◆ RECORDS FOR THIS TASK:

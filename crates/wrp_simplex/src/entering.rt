//! The column that enters.

ghost use Rattle.std.specs.Prelude.{◌≡◌, ◌^◌, ◌≤◌, unsigned_abs, ℤ, pos, ◌*ℤ◌, ◌<ℤ◌, IfSome, MatchOption};
ghost use Rattle.wrp_tableau.specs.Equations.{sign_of};
ghost use Rattle.wrp_tableau.specs.Soundness.{IsSound};
ghost use Rattle.wrp_tableau.specs.Kept.{system};
ghost use Rattle.wrp_simplex.specs.Steps.{IsBroken, IsDualFeasible, HasNoStep, IsEntering};
ghost use Rattle.wrp_simplex.specs.Candidates.{IsSized, IsSizedColumn};

use crate::candidate::{Candidate, first_of};
use wrp_tableau::Tableau;

/// An entry with the sign of a right side.
fn signed(right: i128, entry: i128) -> i128
    requires { unsigned_abs entry ≤ 2 ^ 60 }
    ensures value { result ≡ sign_of right *ℤ entry }
    ensures small { unsigned_abs result ≤ 2 ^ 60 }
{
    if right < 0 { -entry } else { entry }
}

/// A column as a candidate with its reduced cost over the size of its entry, where that is above 0.
fn sized_column(tableau: &Tableau, column: u32, size: i128) -> Option<Candidate>
    requires { unsigned_abs size ≤ 2 ^ 60 }
    ensures is { MatchOption result (pos 0 <ℤ size → ⊥)
        (IsSizedColumn (system tableau.now) column size) }
    ensures sized { IfSome result IsSized }
{
    if size <= 0 {
        return None;
    }
    Some(Candidate {
        place: column,
        variable: column,
        numerator: tableau.reduced(column),
        denominator: size,
    })
}

/// The least column with which a pivot in a broken row is a dual simplex step: of the entries with
/// the sign of the right side, one with the least reduced cost over its size.
pub fn entering_column(tableau: &Tableau, row: u32) -> Option<u32>
    requires sound { IsSound (system tableau.now) }
    requires broken { IsBroken (system tableau.now) row }
    requires dual { IsDualFeasible (system tableau.now) }
    ensures { MatchOption result (HasNoStep (system tableau.now) row)
        (IsEntering (system tableau.now) row) }
{
    let right = tableau.right(row);
    let mut best = None;
    for (column, entry) in tableau.row(row) {
        let size = signed(right, *entry);
        best = first_of(true, best, sized_column(tableau, *column, size));
    }
    match best {
        None => None,
        Some(first) => Some(first.place),
    }
}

◆ YOUR OBJECTIVE: Line by line, retype all the entries exactly as they are shown.

◆ YOUR RESPONSE:
filename crates/wrp_simplex/src/entering.rt
//! The column that enters.

ghost use Rattle.std.specs.Prelude.{◌≡◌, ◌^◌, ◌≤◌, unsigned_abs, ℤ, pos, ◌*ℤ◌, ◌<ℤ◌, IfSome, MatchOption};
ghost use Rattle.wrp_tableau.specs.Equations.{sign_of};
ghost use Rattle.wrp_tableau.specs.Soundness.{IsSound};
ghost use Rattle.wrp_tableau.specs.Kept.{system};
ghost use Rattle.wrp_simplex.specs.Steps.{IsBroken, IsDualFeasible, HasNoStep, IsEntering};
ghost use Rattle.wrp_simplex.specs.Candidates.{IsSized, IsSizedColumn};

use crate::candidate::{Candidate, first_of};
use wrp_tableau::Tableau;

/// An entry with the sign of a right side.
fn signed(right: i128, entry: i128) -> i128
    requires { unsigned_abs entry ≤ 2 ^ 60 }
    ensures value { result ≡ sign_of right *ℤ entry }
    ensures small { unsigned_abs result ≤ 2 ^ 60 }
{
    if right < 0 { -entry } else { entry }
}

/// A column as a candidate with its reduced cost over the size of its entry, where that is above 0.
fn sized_column(tableau: &Tableau, column: u32, size: i128) -> Option<Candidate>
    requires { unsigned_abs size ≤ 2 ^ 60 }
    ensures is { MatchOption result (pos 0 <ℤ size → ⊥)
        (IsSizedColumn (system tableau.now) column size) }
    ensures sized { IfSome result IsSized }
{
    if size <= 0 {
        return None;
    }
    Some(Candidate {
        place: column,
        variable: column,
        numerator: tableau.reduced(column),
        denominator: size,
    })
}

/// The least column with which a pivot in a broken row is a dual simplex step: of the entries with
/// the sign of the right side, one with the least reduced cost over its size.
pub fn entering_column(tableau: &Tableau, row: u32) -> Option<u32>
    requires sound { IsSound (system tableau.now) }
    requires broken { IsBroken (system tableau.now) row }
    requires dual { IsDualFeasible (system tableau.now) }
    ensures { MatchOption result (HasNoStep (system tableau.now) row)
        (IsEntering (system tableau.now) row) }
{
    let right = tableau.right(row);
    let mut best = None;
    for (column, entry) in tableau.row(row) {
        let size = signed(right, *entry);
        best = first_of(true, best, sized_column(tableau, *column, size));
    }
    match best {
        None => None,
        Some(first) => Some(first.place),
    }
}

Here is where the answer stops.